American Gospel PDF Author: Jon Meacham
Publisher: Random House Trade Paperbacks
ISBN: 0812976665
Category : History
Languages : en
Pages : 449

Book Description
NEW YORK TIMES BESTSELLER • Pulitzer Prize-winning author Jon Meacham reveals how the Founding Fathers viewed faith—and how they ultimately created a nation in which belief in God is a matter of choice. At a time when our country seems divided by extremism, American Gospel draws on the past to offer a new perspective. Meacham re-creates the fascinating history of a nation grappling with religion and politics–from John Winthrop’s “city on a hill” sermon to Thomas Jefferson’s Declaration of Independence; from the Revolution to the Civil War; from a proposed nineteenth-century Christian Amendment to the Constitution to Martin Luther King, Jr.’s call for civil rights; from George Washington to Ronald Reagan. Debates about religion and politics are often more divisive than illuminating. Secularists point to a “wall of separation between church and state,” while many conservatives act as though the Founding Fathers were apostles in knee britches. As Meacham shows in this brisk narrative, neither extreme has it right. At the heart of the American experiment lies the God of what Benjamin Franklin called “public religion,” a God who invests all human beings with inalienable rights while protecting private religion from government interference. It is a great American balancing act, and it has served us well.
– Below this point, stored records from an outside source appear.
/// What is told of each call, with `|` between calls that are told the same; nothing of a new journal with
/// a limit, nor of one that takes two lines and has one at a reserved place, nor of a push that is done. Ticks are
/// counted on.
const CALLS: &str = "\
// Times end before 2^62 milliseconds. The later of two, and whether it is the second or the first.
later 0 1 => 1 true false
later 3 5 => 5 true false
later 5 3 => 5 false true
later 5 5 => 5 false false
later 4611686018427387902 4611686018427387903 => 4611686018427387903 true false
later 4611686018427387902 0 => 4611686018427387902 false true
later 0 4611686018427387904 | later 0 9223372036854775808 | later 0 18446744073709551615 => InvalidParameterValue
// A journal takes as many lines as its limit says, and then answers JournalFull as often as it is asked.
// Reading a place costs one tick, also where there is no line.
journal 0
20 deleted 99 | 20 deleted 99 => JournalFull
read 0 18446744073709551615 => none; none; 0 lines, 2 ticks
journal 1 | 10 deleted 0
20 deleted 99 | 20 deleted 99 => JournalFull
read 0 1 18446744073709551615 => 10 Deleted { number: 0 }; none; none; 1 lines, 5 ticks
journal 9 | 10 deleted 0 | 10 deleted 1 | 10 deleted 2 | 10 deleted 3 | 10 deleted 4 | 10 deleted 5 | 10 deleted 6 | 10 deleted 7 | 10 deleted 8
20 deleted 99 | 20 deleted 99 => JournalFull
read 0 1 2 3 4 5 6 7 8 9 18446744073709551615 => 10 Deleted { number: 0 }; 10 Deleted { number: 1 }; 10 Deleted { number: 2 }; 10 Deleted { number: 3 }; 10 Deleted { number: 4 }; 10 Deleted { number: 5 }; 10 Deleted { number: 6 }; 10 Deleted { number: 7 }; 10 Deleted { number: 8 }; none; none; 9 lines, 16 ticks
// There are as many marks as lines from a place on, each for one tick, and none past the end.
journal 3 | 10 deleted 0 | 10 deleted 1 | 10 deleted 2
20 deleted 99 | 20 deleted 99 => JournalFull
read 0 1 2 3 18446744073709551615 => 10 Deleted { number: 0 }; 10 Deleted { number: 1 }; 10 Deleted { number: 2 }; none; none; 3 lines, 21 ticks
marks 0 => [Entry { at: Moment { milliseconds: 10 }, event: Deleted { number: 0 } }, Entry { at: Moment { milliseconds: 10 }, event: Deleted { number: 1 } }, Entry { at: Moment { milliseconds: 10 }, event: Deleted { number: 2 } }] of 3, 24 ticks
marks 2 => [Entry { at: Moment { milliseconds: 10 }, event: Deleted { number: 2 } }] of 1, 25 ticks
marks 3 | marks 4 | marks 18446744073709551615 => [] of 0, 25 ticks
// A mark has the size of a content in its place, and all else as the line has it, each number as often.
journal 5 | 0 sent text | 0 received 30 3,1 - 0 | 0 received 0 - 1 7 | 0 closed | 0 received 30 5,3,5,0,18446744073709551615,1,2,4,9,8,7,5 - 0
read 0 1 => 0 Sent { delay: 7, content: Content { parts: Parts { body: \"text\", attributes: [], size: 4 } } }; 0 Received { timeout: 30, offered: Numbers { numbers: [3, 1] }, leaving: Numbers { numbers: [] }, target: 0 }; 5 lines, 27 ticks
marks 0 => [Entry { at: Moment { milliseconds: 0 }, event: Sent { delay: 7, content: 4 } }, Entry { at: Moment { milliseconds: 0 }, event: Received { timeout: 30, offered: Numbers { numbers: [3, 1] }, leaving: Numbers { numbers: [] }, target: 0 } }, Entry { at: Moment { milliseconds: 0 }, event: Received { timeout: 0, offered: Numbers { numbers: [] }, leaving: Numbers { numbers: [1] }, target: 7 } }, Entry { at: Moment { milliseconds: 0 }, event: Closed }, Entry { at: Moment { milliseconds: 0 }, event: Received { timeout: 30, offered: Numbers { numbers: [5, 3, 5, 0, 18446744073709551615, 1, 2, 4, 9, 8, 7, 5] }, leaving: Numbers { numbers: [] }, target: 0 } }] of 5, 32 ticks
// Pairs go by the moment, and by the number where the moments are equal. A comparison costs one tick.
before 4 9 and 5 0 | before 5 0 and 5 1 | before 0 18446744073709551615 and 18446744073709551615 0 => true
before 5 0 and 4 9 | before 5 1 and 5 0 | before 5 1 and 5 1 => false
// A line at a reserved place stands as one that was pushed, and counts for the limit.
reserved 10 deleted 4
read 0 1 => 10 Deleted { number: 4 }; none; 1 lines, 40 ticks
20 deleted 5
20 deleted 99 | 20 deleted 99 => JournalFull
read 1 => 20 Deleted { number: 5 }; 2 lines, 41 ticks
weight => 2 of 2
// A journal can be shown without a tick, but not what its lines are.
shown => Journal { len: 2, weight: 2, limit: 2, .. }
// A checkpoint takes the place of all lines, and weighs 1 more than the messages that it keeps.
rebase 30 2,5
weight => 3 of 1
base => 30 queue 3, delay 5, 10 20, [0, 1, 18446744073709551615] [TransferKey { uid: 7, number: 4 }, TransferKey { uid: 7, number: 0 }] [KeptRow { minute: 8, flows: KeptFlows { sent: 1, sent_size: 2, received: 3, empty_receives: 4, deleted: 5, refused: 6, dead_letters_arrived: 7 }, visible: 9, delayed: 10, in_flight: 11, age: 12 }] KeptFlows { sent: 1, sent_size: 2, received: 3, empty_receives: 4, deleted: 5, refused: 6, dead_letters_arrived: 7 }; 2 Content { parts: Parts { body: \"text\", attributes: [], size: 4 } }, 11 5 12 13 18446744073709551615, false true false None; 5 Content { parts: Parts { body: \"text\", attributes: [], size: 4 } }, 11 5 12 13 18446744073709551615, true false true Some(9)
read 1 => none; 1 lines, 43 ticks
// Its mark has the sizes of the contents, and all else as it stands there. It costs one operation, as that of any line does.
mark => 30 queue 3, delay 5, 10 20, [0, 1, 18446744073709551615] [TransferKey { uid: 7, number: 4 }, TransferKey { uid: 7, number: 0 }] [KeptRow { minute: 8, flows: KeptFlows { sent: 1, sent_size: 2, received: 3, empty_receives: 4, deleted: 5, refused: 6, dead_letters_arrived: 7 }, visible: 9, delayed: 10, in_flight: 11, age: 12 }] KeptFlows { sent: 1, sent_size: 2, received: 3, empty_receives: 4, deleted: 5, refused: 6, dead_letters_arrived: 7 }; 2 4, 11 5 12 13 18446744073709551615, false true false None; 5 4, 11 5 12 13 18446744073709551615, true false true Some(9)
read 1 => none; 1 lines, 45 ticks
// A limit is one of weight.
journal 4 | rebase 30 2,5 | 40 deleted 5
weight => 4 of 2
50 deleted 99 | 50 deleted 99 => JournalFull
marks 1 => [Entry { at: Moment { milliseconds: 40 }, event: Deleted { number: 5 } }] of 1, 46 ticks
rebase 60 -
weight => 1 of 1
mark => 60 queue 3, delay 5, 10 20, [0, 1, 18446744073709551615] [TransferKey { uid: 7, number: 4 }, TransferKey { uid: 7, number: 0 }] [KeptRow { minute: 8, flows: KeptFlows { sent: 1, sent_size: 2, received: 3, empty_receives: 4, deleted: 5, refused: 6, dead_letters_arrived: 7 }, visible: 9, delayed: 10, in_flight: 11, age: 12 }] KeptFlows { sent: 1, sent_size: 2, received: 3, empty_receives: 4, deleted: 5, refused: 6, dead_letters_arrived: 7 }
70 deleted 5 | 70 deleted 6 | 70 deleted 7
weight => 4 of 4
80 deleted 99 | 80 deleted 99 => JournalFull
// A checkpoint is taken past the limit too, and no line behind it.
rebase 90 1,2,3,4
weight => 5 of 1
95 deleted 99 | 95 deleted 99 => JournalFull
journal 0 | rebase 0 -
weight => 1 of 1
0 deleted 99 => JournalFull
";

/// Each call is told as its line says, twice from the start. One that finds no memory changes nothing, and is made
/// again, which is forgiven once: so this passes with ample memory, where a call that gave up would do so twice, and
/// under `rt try --test --fail-alloc N`, which refuses the Nth allocation.
#[test]
fn refused_memory(rt: HostRuntime) -> Result<(), Fail> {
    let alloc = rt.alloc();
    let mut refused = 0;
    for _ in 0..2 {
        let mut talk = (Journal::new(alloc, 0)?, Ticks::new(&rt), refused);
        for line in CALLS.lines().filter(|line| !line.starts_with("//")) {
            let (calls, wanted) = line.split_once(" => ").unwrap_or((line, ""));
            for call in calls.split(" | ") {
                let told = match told(alloc, &mut talk, call) {
                    Err(Fault::OutOfMemory) => {
                        talk.2 = talk.2.saturating_add(1);
                        told(alloc, &mut talk, call)
                    }
                    told => told,
                };
                let told = match &told {
                    Ok(text) => text.as_str(),
                    Err(fault) => fault.name(),
                };
                assert_eq!(rt; told, wanted, "{call}");
            }
        }
        refused = talk.2;
    }
    assert!(rt; refused <= 1);
    assert!(rt; Marks::new(alloc).as_slice().is_empty());
    assert_eq!(rt; Moment::zero().milliseconds(), 0);
    Ok(())
}
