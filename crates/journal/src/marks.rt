//! Lists of marks.

ghost use Rattle.std.specs.Prelude.{◌≡◌, ◌<◌, [], length, map, IfOk, IfErr, OnErr};
ghost use Rattle.message.specs.Content.{content_size};
ghost use Rattle.message.specs.declared.fault.Fault.TheVariants.{OutOfMemory};
ghost use Rattle.journal.specs.Mark.{mark_of};

use crate::entry::{Line, Mark};
use message::Fault;
use std::alloc::Global;
use std::marker::Model;

/// Marks, in the order of their entries. Contracts see the list.
#[derive(Debug, Drop)]
pub struct Marks {
    marks: Vec<Mark>,
}

impl Model for Marks {
    ghost use Rattle.std.specs.Prelude.{ℕ, List};
    ghost use Rattle.journal.specs.declared.entry.Entry.{Entry};

    ghost Value = { List (Entry ℕ) };

    ghost view = { λ m. m.marks.items };
}

impl Marks {
    /// No marks, which take no memory.
    pub fn new(alloc: Global) -> Marks
        ensures { result ≡ [] }
    {
        Marks {
            marks: Vec::new(alloc),
        }
    }

    /// The marks of lines, in order. `OutOfMemory` is the only refusal, where there is a line.
    #[tactic(auto, using(std::proofs::lemmas::List::map_more))]
    pub(crate) fn of(alloc: Global, lines: &[Line]) -> Result<Marks, Fault>
        ensures ok { IfOk result (λ marks. marks ≡ map (mark_of content_size) lines.now) }
        ensures errors { IfErr result (λ fault. fault ≡ OutOfMemory) }
        ensures wants { OnErr result (0 < length lines.now) }
    {
        let mut marks = Vec::with_capacity(alloc, lines.len())?;
        for line in lines {
            let mark = line.mark(alloc)?;
            marks.push_reserved(mark);
        }
        Ok(Marks { marks })
    }

    /// How many there are.
    pub fn len(&self) -> usize
        ensures { result ≡ length self.now }
    {
        self.marks.len()
    }

    /// The marks.
    pub fn as_slice(&self) -> &[Mark]
        ensures { result.now ≡ self.now }
    {
        self.marks.as_slice()
    }
}
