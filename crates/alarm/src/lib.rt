//! The alarms of a queue: the state of a rule, from the metric rows of the minutes that it looks at.
//!
//! - [`metric_value`]: the value that a metric has in a minute. [`satisfies`]: whether a minute is a
//!   breach of a rule.
//! - [`breaches_in`]: how many of these minutes are breaches. [`state_with`] and [`alarm_state_of`]: the
//!   state, by that number and by the rows. [`AlarmState::name`]: how it is written.
//! - [`Alarm`]: the state of one rule, kept from the rows that [`Alarm::minute_closed`] is told. Only
//!   [`Alarm::new`] takes memory.
//! - The functions of `laws` are empty: their contracts are laws about the definitions in `specs/`.
//!
//! Each contract is exact. Which minutes are over, and which rows there are, is for the caller to say.
#![tactic(auto)]

mod kept_alarm;
pub mod laws;
mod minute;
mod state;
#[cfg(test)]
mod tests;

pub use kept_alarm::Alarm;
pub use minute::{metric_value, satisfies};
pub use state::{AlarmState, alarm_state_of, breaches_in, state_with};
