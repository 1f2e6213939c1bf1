//! Lists of message numbers.

ghost use Rattle.std.specs.Prelude.{◌≡◌, [], ◌∷◌, ◌++◌, IfOk, IfErr, OnOk, OnErr};
ghost use Rattle.message.specs.declared.fault.Fault.TheVariants.{OutOfMemory};

use message::Fault;
use std::alloc::Global;
use std::marker::Model;

/// A list of message numbers, as a line of the journal has them. Contracts see the list.
#[derive(Debug, Drop)]
pub struct Numbers {
    numbers: Vec<u64>,
}

impl Model for Numbers {
    ghost use Rattle.std.specs.Prelude.{ℕ, List};

    ghost Value = { List ℕ };

    ghost view = { λ n. n.numbers.items };
}

impl Numbers {
    /// The empty list, which takes no memory.
    pub fn new(alloc: Global) -> Numbers
        ensures { result ≡ [] }
    {
        Numbers {
            numbers: Vec::new(alloc),
        }
    }

    /// Adds a number at the end. `OutOfMemory` is the only refusal; the list is then as it was.
    pub fn push(&mut self, _alloc: Global, number: u64) -> Result<(), Fault>
        ensures ok { OnOk result (self.new ≡ self.old ++ number ∷ []) }
        ensures err { OnErr result (self.new ≡ self.old) }
        ensures errors { IfErr result (λ fault. fault ≡ OutOfMemory) }
    {
        self.numbers.push(number)?;
        Ok(())
    }

    /// A list of the same numbers. `OutOfMemory` is the only refusal.
    pub(crate) fn copied(&self, alloc: Global) -> Result<Numbers, Fault>
        ensures ok { IfOk result (λ copy. copy ≡ self.now) }
        ensures errors { IfErr result (λ fault. fault ≡ OutOfMemory) }
    {
        let numbers = Vec::from_slice(alloc, self.as_slice())?;
        Ok(Numbers { numbers })
    }

    /// The numbers.
    pub fn as_slice(&self) -> &[u64]
        ensures { result.now ≡ self.now }
    {
        self.numbers.as_slice()
    }
}
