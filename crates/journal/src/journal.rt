//! The list of lines.

ghost use Rattle.std.specs.Prelude.{◌≡◌, ◌+◌, max, ◌<◌, ◌≤◌, ◌-◌, ◌^◌, min, ◌↔◌, ◌⊎◌, [], ◌∷◌, ◌++◌, length, drop, map, slice_get, Ok, IfOk, IfErr, OnOk, OnErr, IsErrOf};
ghost use Rattle.std.specs.Option.{option_copied};
ghost use Rattle.message.specs.Content.{content_size};
ghost use Rattle.message.specs.declared.fault.Fault.TheVariants.{JournalFull, OutOfMemory};
ghost use Rattle.journal.specs.Mark.{mark_of};
ghost use Rattle.journal.specs.Ticks.{after_ticks};
ghost use Rattle.journal.specs.Weight.{weight_of};

use crate::base::Base;
use crate::entry::{Entry, Event, Line};
use crate::marks::Marks;
use crate::moment::Moment;
use crate::ticks::Ticks;
use message::{Content, Fault};
use std::alloc::Global;
use std::fmt;
use std::marker::Model;

/// The lines of a queue, oldest first, and how much they may weigh: each line 1, and a checkpoint 1 more
/// for each message that it keeps. So a journal without a checkpoint weighs as much as it has lines.
/// Contracts see also for how many lines more there is memory for sure: that many [`Journal::reserve`] has
/// promised and no push has taken.
#[derive(Drop)]
pub struct Journal {
    lines: Vec<Line>,
    limit: usize,
    /// How many lines there are, and how many more were promised a place.
    room: usize,
    /// How much the lines weigh, or 2^64 - 1 where that is more.
    weight: u64,
}

impl Model for Journal {
    ghost use Rattle.std.specs.Prelude.{◌≡◌, ◌-◌, ◌≤◌, ◌^◌, min, length, vec_capacity};
    ghost use Rattle.journal.specs.Journal.{Lines};
    ghost use Rattle.journal.specs.Weight.{weight_of};

    ghost Value = { Lines };

    ghost view = { λ j. record { lines = j.lines.items; limit = j.limit; spare = j.room - length j.lines.items } };

    ghost invariant = { λ j. (length j.lines.items ≤ j.room) × (j.room ≤ vec_capacity j.lines) × (j.weight ≡ min (weight_of j.lines.items) (2 ^ 64 - 1)) };
}

impl fmt::Debug for Journal {
    /// How many lines there are, how much they weigh, and how much they may: what a line is costs an operation.
    fn fmt<W: fmt::Write>(&self, f: &mut fmt::Formatter<W>) -> fmt::Result {
        f.debug_struct("Journal")
            .field("len", &self.lines.len())
            .field("weight", &self.weight)
            .field("limit", &self.limit)
            .finish_non_exhaustive()
    }
}

impl Journal {
    ghost use Rattle.journal.specs.Journal.{no_lines, with_line, based};

    /// A journal without lines, which takes lines while they weigh less than `limit`. It takes no memory.
    pub fn new(alloc: Global, limit: usize) -> Result<Journal, Fault>
        ensures { result ≡ Ok (no_lines limit) }
    {
        Ok(Journal {
            lines: Vec::new(alloc),
            limit,
            room: 0,
            weight: 0,
        })
    }

    /// Adds a line at the end. A journal at its limit answers `JournalFull`, and one that finds no
    /// memory `OutOfMemory`; it is then as it was, and the line is dropped. Where places are reserved it
    /// takes one of them, and finds memory.
    pub fn push(&mut self, _alloc: Global, line: Line) -> Result<(), Fault>
        ensures ok { OnOk result (self.new ≡ with_line self.old line) }
        ensures full { IsErrOf result JournalFull ↔ (self.old.limit ≤ weight_of self.old.lines) }
        ensures errors { IfErr result (λ fault. (fault ≡ JournalFull) ⊎ (fault ≡ OutOfMemory)) }
        ensures err { OnErr result (self.new ≡ self.old) }
        ensures reserved { IsErrOf result OutOfMemory → self.old.spare ≡ 0 }
    {
        if self.limit as u64 <= self.weight {
            return Err(Fault::JournalFull);
        }
        let weight = self.weight.saturating_add(line.weight());
        self.lines.push(line)?;
        self.weight = weight;
        self.room = self.room.max(self.lines.len());
        Ok(())
    }

    /// Makes room for so many lines more, which [`Journal::push_reserved`] then adds without memory, up to the
    /// journal's limit. `OutOfMemory` is the only refusal; the journal is then as it was.
    pub fn reserve(&mut self, _alloc: Global, additional: usize) -> Result<(), Fault>
        ensures lines { self.new ≡ record self.old { spare = self.new.spare } }
        ensures ok { OnOk result (additional ≤ self.new.spare) }
        ensures exact { OnOk result (self.new.spare ≡ max self.old.spare additional) }
        ensures not_less { self.old.spare ≤ self.new.spare }
        ensures errors { IfErr result (λ fault. fault ≡ OutOfMemory) }
        ensures err { OnErr result (self.new ≡ self.old) }
        ensures full { OnErr result (self.old.spare < additional) }
    {
        self.lines.reserve(additional)?;
        self.room = self.room.max(self.lines.len() + additional);
        Ok(())
    }

    /// Adds a line at the end, at a place that was reserved, in a journal that is not at its limit.
    pub fn push_reserved(&mut self, line: Line)
        requires spare { 1 ≤ self.old.spare }
        requires place { weight_of self.old.lines < self.old.limit }
        ensures { self.new ≡ with_line self.old line }
    {
        self.weight = self.weight.saturating_add(line.weight());
        self.lines.push_reserved(line);
    }

    /// Puts one entry, which stands for them, in the place of all lines, whatever the limit is, and makes
    /// room for one line more. It keeps the memory that the lines had. `OutOfMemory` is the only refusal; the
    /// journal is then as it was, and the base is dropped.
    pub fn rebase(&mut self, _alloc: Global, at: Moment, base: Base<Content>) -> Result<(), Fault>
        ensures lines { OnOk result (self.new.lines ≡ based at base) }
        ensures limit { self.new.limit ≡ self.old.limit }
        ensures room { OnOk result (1 ≤ self.new.spare) }
        ensures exact { OnOk result (self.new.spare ≡ max (self.old.spare + length self.old.lines) 2 - 1) }
        ensures errors { IfErr result (λ fault. fault ≡ OutOfMemory) }
        ensures err { OnErr result (self.new ≡ self.old) }
    {
        let missing = 2_usize.saturating_sub(self.lines.len());
        self.lines.reserve(missing)?;
        let entry = Entry {
            at,
            event: Event::Base(base),
        };
        self.weight = entry.weight();
        self.lines.clear();
        self.lines.push_reserved(entry);
        self.room = self.room.max(2);
        Ok(())
    }

    /// For how many lines more there is memory for sure.
    pub fn spare(&self) -> usize
        ensures spare { result ≡ self.now.spare }
        ensures small { result < 2 ^ 63 }
    {
        self.room - self.lines.len()
    }

    /// How much the lines weigh: 1 each, and a checkpoint 1 more for each message that it keeps. A weight
    /// past 2^64 - 1 stays there. It costs no operation, and no memory.
    pub fn weight(&self) -> u64
        ensures { result ≡ min (weight_of self.now.lines) (2 ^ 64 - 1) }
    {
        self.weight
    }

    /// How many lines there are.
    pub fn len(&self) -> usize
        ensures { result ≡ length self.now.lines }
    {
        self.lines.len()
    }

    /// The line at a place, counted from 0. It costs one operation, whether there is a line or not.
    pub fn line(&self, place: usize, ticks: &mut Ticks) -> Option<&Line>
        ensures line { option_copied result ≡ slice_get self.now.lines place }
        ensures cost { ticks.new ≡ after_ticks 1 ticks.old }
    {
        ticks.add(1);
        self.lines.get(place)
    }

    /// The marks of the lines from a place on, in order: none where there is no line from there on.
    /// Each of these lines costs one operation. `OutOfMemory` is the only refusal, and costs nothing; where there is
    /// no such line, no memory is wanted.
    #[tactic(auto, using(std::proofs::lemmas::List::drop_min))]
    pub fn marks(&self, alloc: Global, from: usize, ticks: &mut Ticks) -> Result<Marks, Fault>
        ensures marks { IfOk result (λ marks. marks ≡ map (mark_of content_size) (drop from self.now.lines)) }
        ensures cost { OnOk result (ticks.new ≡ after_ticks (length (drop from self.now.lines)) ticks.old) }
        ensures errors { IfErr result (λ fault. fault ≡ OutOfMemory) }
        ensures wants { OnErr result (from < length self.now.lines) }
        ensures err { OnErr result (ticks.new ≡ ticks.old) }
    {
        let lines = &self.lines[from.min(self.lines.len())..];
        let marks = Marks::of(alloc, lines)?;
        ticks.add(lines.len() as u64);
        Ok(marks)
    }
}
Meacham has written and spoken extensively about religion and politics, and he brings historical authority and a sense of hope to the issue. American Gospel makes it compellingly clear that the nation’s best chance of summoning what Lincoln called “the better angels of our nature” lies in recovering the spirit and sense of the Founding. In looking back, we may find the light to lead us forward. Praise for American Gospel “In his American Gospel, Jon Meacham provides a refreshingly clear, balanced, and wise historical portrait of religion and American politics at exactly the moment when such fairness and understanding are much needed. Anyone who doubts the relevance of history to our own time has only to read this exceptional book.”—David McCullough, author of 1776 “Jon Meacham has given us an insightful and eloquent account of the spiritual foundation of the early days of the American republic. It is especially instructive reading at a time when the nation is at once engaged in and deeply divided on the question of religion and its place in public life.”—Tom Brokaw, author of The Greatest Generation

God of Liberty

God of Liberty PDF Author: Thomas S Kidd
Publisher: Basic Books
ISBN: 0465022774
Category : History
Languages : en
Pages : 306

Book Description
A "thought-provoking, meticulously researched" testament to evangelical Christians' crucial contribution to American independence and a timely appeal for the same spiritual vitality today (Washington Times). At the dawn of the Revolutionary War, America was already a nation of diverse faiths-the First Great Awakening and Enlightenment concepts such as deism and atheism had endowed the colonists with varying and often opposed religious beliefs. Despite their differences, however, Americans found common ground against British tyranny and formed an alliance that would power the American Revolution. In God of Liberty, historian Thomas S. Kidd offers the first comprehensive account of religion's role during this transformative period and how it gave form to our nation and sustained it through its tumultuous birth -- and how it can be a force within our country during times of transition today.